Exercise ▸
Count the lines below that hold the string "IfSome". Give only that number.

Stored data ▸
━━━━━━
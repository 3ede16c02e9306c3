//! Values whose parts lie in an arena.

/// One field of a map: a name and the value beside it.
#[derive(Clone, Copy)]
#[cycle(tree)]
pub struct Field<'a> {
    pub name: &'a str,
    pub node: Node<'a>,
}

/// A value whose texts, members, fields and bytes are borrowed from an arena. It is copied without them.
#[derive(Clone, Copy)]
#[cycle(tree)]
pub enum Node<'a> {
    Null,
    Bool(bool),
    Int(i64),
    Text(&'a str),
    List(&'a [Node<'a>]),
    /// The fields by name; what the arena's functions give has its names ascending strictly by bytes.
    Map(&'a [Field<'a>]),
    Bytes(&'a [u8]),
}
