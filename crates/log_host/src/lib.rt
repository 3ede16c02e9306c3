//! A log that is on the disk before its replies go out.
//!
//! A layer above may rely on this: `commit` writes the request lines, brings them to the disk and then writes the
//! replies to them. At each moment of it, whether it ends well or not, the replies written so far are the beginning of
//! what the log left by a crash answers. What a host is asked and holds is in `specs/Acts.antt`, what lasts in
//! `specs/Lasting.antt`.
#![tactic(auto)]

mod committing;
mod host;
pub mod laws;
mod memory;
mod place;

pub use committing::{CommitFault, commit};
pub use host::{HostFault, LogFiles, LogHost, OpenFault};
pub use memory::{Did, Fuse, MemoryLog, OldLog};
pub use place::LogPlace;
━━━━━━
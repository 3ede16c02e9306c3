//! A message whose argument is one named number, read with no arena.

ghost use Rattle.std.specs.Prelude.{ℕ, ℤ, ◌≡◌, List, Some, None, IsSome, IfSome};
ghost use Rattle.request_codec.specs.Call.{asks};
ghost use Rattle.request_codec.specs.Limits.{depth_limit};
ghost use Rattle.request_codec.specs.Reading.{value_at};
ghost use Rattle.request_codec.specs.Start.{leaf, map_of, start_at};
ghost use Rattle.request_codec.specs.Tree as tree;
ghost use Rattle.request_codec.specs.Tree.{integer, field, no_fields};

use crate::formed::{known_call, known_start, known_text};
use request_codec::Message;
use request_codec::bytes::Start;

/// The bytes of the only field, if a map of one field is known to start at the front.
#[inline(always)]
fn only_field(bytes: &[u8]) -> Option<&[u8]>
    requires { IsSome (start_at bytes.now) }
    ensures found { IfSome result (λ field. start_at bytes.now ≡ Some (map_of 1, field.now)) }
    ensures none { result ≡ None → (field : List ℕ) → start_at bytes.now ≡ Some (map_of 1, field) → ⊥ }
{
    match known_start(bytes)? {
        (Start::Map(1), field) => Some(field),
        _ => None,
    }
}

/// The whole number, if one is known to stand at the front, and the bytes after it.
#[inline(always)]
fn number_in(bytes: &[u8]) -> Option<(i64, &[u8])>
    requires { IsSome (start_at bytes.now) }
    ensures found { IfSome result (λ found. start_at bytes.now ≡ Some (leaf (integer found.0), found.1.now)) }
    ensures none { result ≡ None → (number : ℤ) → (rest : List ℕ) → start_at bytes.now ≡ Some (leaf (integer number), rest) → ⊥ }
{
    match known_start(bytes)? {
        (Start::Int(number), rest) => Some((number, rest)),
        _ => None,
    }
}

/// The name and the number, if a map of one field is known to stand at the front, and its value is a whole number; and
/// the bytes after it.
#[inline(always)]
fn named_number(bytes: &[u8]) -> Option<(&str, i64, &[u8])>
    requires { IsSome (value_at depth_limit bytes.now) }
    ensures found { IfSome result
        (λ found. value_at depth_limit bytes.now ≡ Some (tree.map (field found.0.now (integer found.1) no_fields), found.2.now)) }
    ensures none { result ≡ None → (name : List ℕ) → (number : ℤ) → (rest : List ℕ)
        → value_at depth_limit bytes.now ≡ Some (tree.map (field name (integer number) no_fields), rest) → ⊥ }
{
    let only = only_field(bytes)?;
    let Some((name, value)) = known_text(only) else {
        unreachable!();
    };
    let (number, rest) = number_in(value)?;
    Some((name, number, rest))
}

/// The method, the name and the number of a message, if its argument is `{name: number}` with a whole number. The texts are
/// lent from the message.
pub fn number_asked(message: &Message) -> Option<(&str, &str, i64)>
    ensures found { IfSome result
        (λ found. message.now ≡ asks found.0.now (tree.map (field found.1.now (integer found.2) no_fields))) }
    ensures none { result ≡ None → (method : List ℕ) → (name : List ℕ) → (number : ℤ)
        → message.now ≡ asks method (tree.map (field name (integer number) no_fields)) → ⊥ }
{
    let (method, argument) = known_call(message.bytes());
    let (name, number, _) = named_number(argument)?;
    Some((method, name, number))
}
━━━━━━
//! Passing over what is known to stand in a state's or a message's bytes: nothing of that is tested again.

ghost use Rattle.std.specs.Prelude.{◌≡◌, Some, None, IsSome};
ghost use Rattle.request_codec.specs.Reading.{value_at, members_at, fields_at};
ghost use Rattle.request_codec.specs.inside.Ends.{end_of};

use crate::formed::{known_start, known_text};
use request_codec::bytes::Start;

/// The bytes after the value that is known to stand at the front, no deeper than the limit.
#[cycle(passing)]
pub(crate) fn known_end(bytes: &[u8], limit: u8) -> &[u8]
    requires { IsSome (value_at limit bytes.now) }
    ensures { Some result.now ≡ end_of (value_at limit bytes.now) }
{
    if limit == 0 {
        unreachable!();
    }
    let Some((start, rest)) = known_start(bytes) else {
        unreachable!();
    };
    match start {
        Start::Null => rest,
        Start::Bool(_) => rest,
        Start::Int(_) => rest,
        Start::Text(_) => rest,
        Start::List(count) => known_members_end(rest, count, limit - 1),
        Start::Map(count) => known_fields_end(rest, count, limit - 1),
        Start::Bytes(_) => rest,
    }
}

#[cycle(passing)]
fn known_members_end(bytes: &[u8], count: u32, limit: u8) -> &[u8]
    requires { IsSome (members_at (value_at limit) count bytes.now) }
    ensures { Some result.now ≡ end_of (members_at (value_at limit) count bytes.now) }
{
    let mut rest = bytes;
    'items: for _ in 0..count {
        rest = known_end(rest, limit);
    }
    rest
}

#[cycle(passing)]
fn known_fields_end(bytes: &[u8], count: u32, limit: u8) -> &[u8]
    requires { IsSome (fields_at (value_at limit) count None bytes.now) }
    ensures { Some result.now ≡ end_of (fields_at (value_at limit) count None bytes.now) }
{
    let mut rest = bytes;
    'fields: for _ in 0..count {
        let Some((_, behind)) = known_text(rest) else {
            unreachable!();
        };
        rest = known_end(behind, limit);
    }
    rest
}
━━━━━━
Completed task ▸
5